Parallel-Coordinate Plots
What are they?
Parallel coordinate plots visualize multiple factors and, more importantly, show their relationships to one another. Each variable is given its own vertical axis, and the values for each variable is typically represented as an integer that falls along the vertical axis for said variables. Commonly the variables that are most related move from right to left to demonstrate relationships between them more easily given Western cultures read from right to left.
When they work best
Parallel-coordinate plots work best for showing the relationships between multiple variables. It's important to arrange the vertical axis in such a way that they clearly show the relationships between variables and the effects of the variables have on the values assigned to what is being measured.
Downsides
If too many 'items' are being measured by the variables, the visualization can quickly become cluttered and difficult to read and identify the key findings. The best way way to address this downside is using a technique called "brushing" where a key line or series of lines are highlighted and the surrounding lines are faded into the background. This allows the viewer to isolate the sections and plots that matter the most.
Bad Examples
Figure 1: This is parallel-coordinate plot could be better. In this example, the vertical axis are ordered in such a way that it's more difficult to see subsequent relationships since the middle axis convolutes the interpretation of the relationships between one another.
Source: https://www.data-to-viz.com/graph/parallel.html
Figure 2: Given the absence of color or other labels in this parallel coordinate plot, it's impossible identify the different models or separate singular lines from one another. This plot suffers from clutter and cannot be read or establish what 'items' are which as they move along the visualization.
Source: https://eagereyes.org/techniques/parallel-coordinates
Figure 3: This parallel-coordinate plot suffers from trying to measure too many 'items,' in this case, countries. It is impossible to identify which line easily corresponds to which country and the natural disasters that occurred in the given year.
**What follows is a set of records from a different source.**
//! The texts of literals.

ghost use Rattle.std.specs.Prelude.{◌≡◌, IfOk, IsUtf8, is_ok};
ghost use Rattle.mlir_attributes.specs.Types.{type_of};
ghost use Rattle.mlir_attributes.specs.Attributes.{attr_of};
ghost use Rattle.pdll_syntax.specs.ExprView.{expr_form};
ghost use Rattle.pdll_types.specs.Accepted.{faults};
ghost use Rattle.pdll_types.specs.Literals.{is_attr_text, is_type_text, bad_literal};
ghost use Rattle.pdll_types.specs.Walk.{all_noted};
ghost use Rattle.pdll_syntax.specs.declared.fault.PatKind.TheVariants.{BadLiteral};

use crate::walk::noted_where;
use mlir_attributes::{parse_attr, parse_ty};
use mlir_tree::refusal::Refusal;
use pdll_syntax::expr::ExprForm;
use pdll_syntax::fault::{PatFault, PatKind};
use simdutf8::compat;
use std::alloc::{AllocError, Global};

fn reads_attr(alloc: Global, bytes: &[u8]) -> Result<bool, AllocError>
    requires { IsUtf8 bytes.now }
    ensures { IfOk result (λ b. b ≡ is_ok (attr_of bytes.now)) }
{
    match parse_attr(alloc, bytes) {
        Ok(_) => Ok(true),
        Err(Refusal::Fault(_)) => Ok(false),
        Err(Refusal::NoMemory) => Err(AllocError),
    }
}

fn reads_type(alloc: Global, bytes: &[u8]) -> Result<bool, AllocError>
    requires { IsUtf8 bytes.now }
    ensures { IfOk result (λ b. b ≡ is_ok (type_of bytes.now)) }
{
    match parse_ty(alloc, bytes) {
        Ok(_) => Ok(true),
        Err(Refusal::Fault(_)) => Ok(false),
        Err(Refusal::NoMemory) => Err(AllocError),
    }
}

/// Whether the bytes spell an attribute.
#[tactic(auto, unfolding(crate::specs::Literals::is_attr_text), using(crate::proofs::Utf8::all_utf8, crate::proofs::Utf8::not_utf8))]
fn is_attr_text(alloc: Global, bytes: &[u8]) -> Result<bool, AllocError>
    ensures { IfOk result (λ b. b ≡ is_attr_text bytes.now) }
{
    match compat::from_utf8(bytes) {
        Ok(_) => reads_attr(alloc, bytes),
        Err(_) => Ok(false),
    }
}

/// Whether the bytes spell a type.
#[tactic(auto, unfolding(crate::specs::Literals::is_type_text), using(crate::proofs::Utf8::all_utf8, crate::proofs::Utf8::not_utf8))]
fn is_type_text(alloc: Global, bytes: &[u8]) -> Result<bool, AllocError>
    ensures { IfOk result (λ b. b ≡ is_type_text bytes.now) }
{
    match compat::from_utf8(bytes) {
        Ok(_) => reads_type(alloc, bytes),
        Err(_) => Ok(false),
    }
}

/// The first fault so far, with that of a literal.
pub fn literal_noted(
    alloc: Global,
    least: Option<PatFault>,
    form: &ExprForm,
) -> Result<Option<PatFault>, AllocError>
    ensures { IfOk result (λ l. l ≡ all_noted (faults BadLiteral (bad_literal (expr_form form.now))) least) }
{
    match form {
        ExprForm::AttrLit(literal) => {
            let good = is_attr_text(alloc, literal.bytes.as_slice())?;
            Ok(noted_where(least, !good, PatKind::BadLiteral, literal.at))
        }
        ExprForm::TyLit(literal) => {
            let good = is_type_text(alloc, literal.bytes.as_slice())?;
            Ok(noted_where(least, !good, PatKind::BadLiteral, literal.at))
        }
        _ => Ok(least),
    }
}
Source: https://www.mathworks.com/help/matlab/ref/parallelplot.html
Good Examples
Figure 4 is the same information as Figure 1, however, the vertical axises have been rearranged to better read from left to right and understand the relationships between the axises being analyzed.
Source: https://www.data-to-viz.com/graph/parallel.html
Figure 5 is relatively clear. Though there is some overlapping points, there are few enough lines to easily identify which color corresponds to which produce and which type and amount of carbohydrate they contain.
Source: https://docs.tibco.com/pub/spotfire/6.5.0/doc/html/para/para_what_is_a_parallel_coordinate_plot.htm
Figure 6 addresses the issue of clutter very well. It pulls out the key line apart from the others using color to help the viewer identify which is the key line being measured. However, without data labels, a viewer must look to the top of the graph in order to understand what each of the data points represents numerically.
Source: https://www.vizwiz.com/2019/07/parallel-coordinates.html
Star Plots
What are they?
Star plots are a type of visualization that, similar to parallel-coordinate plots, measure multiple variables and allow the viewer to see the relationships between the points being measured and represented. They are called star plots specifically because as the points radiate from the center, similar to how a star's points move outwards from a central locus.
When they work best
A star plot works best for identifying outliers in relationships and when the data is more similar/consistent with other relationships.
Downsides
The primary downside of a star plot is the number of variables that can be visualized. Once too many variables are being measured, it can become increasingly challenging to identify the relationships between them.
Bad Examples
Figure 7 is trying to measure too many variables along the outside of the plot. Given the number of variables being measured, it's more challenging to see the minute relationships between the points. However, in this figure, it is easier to see the 'outliers' but almost impossible to read the smaller details in that aren't those specific outliers.
Source: http://rstudio-pubs-static.s3.amazonaws.com/5795_e6e6411731bb4f1b9cc7eb49499c2082.html
Similar to Figure 7, Figure 8 is also measuring too many variables. Though it is only measuring 2 'items' (in this case, Blue Collar Communities vs. Prospering Suburbs) it is very challenging to see what the relationships are in the variables.
Source: http://rstudio-pubs-static.s3.amazonaws.com/5795_e6e6411731bb4f1b9cc7eb49499c2082.html
Good Examples
Interestingly enough with Figure 9, it's focusing on the relationships between the points of the pentagons instead of demonstrating the numbers themselves. In this sense, without statistical data, it is actually easier to 'read' the relationships of the different points on the pentagons
Source: https://fivethirtyeight.com/features/the-5-key-constituencies-of-the-2020-democratic-primary/
Similar to Figure 9, Figure 10 does not focus on numerical data but again focuses on the relationships of the points on the char and how the two 'items' (Carl and Lucy) compare to one another. The two items being measured and limited number of axis make this a good example of a star plot.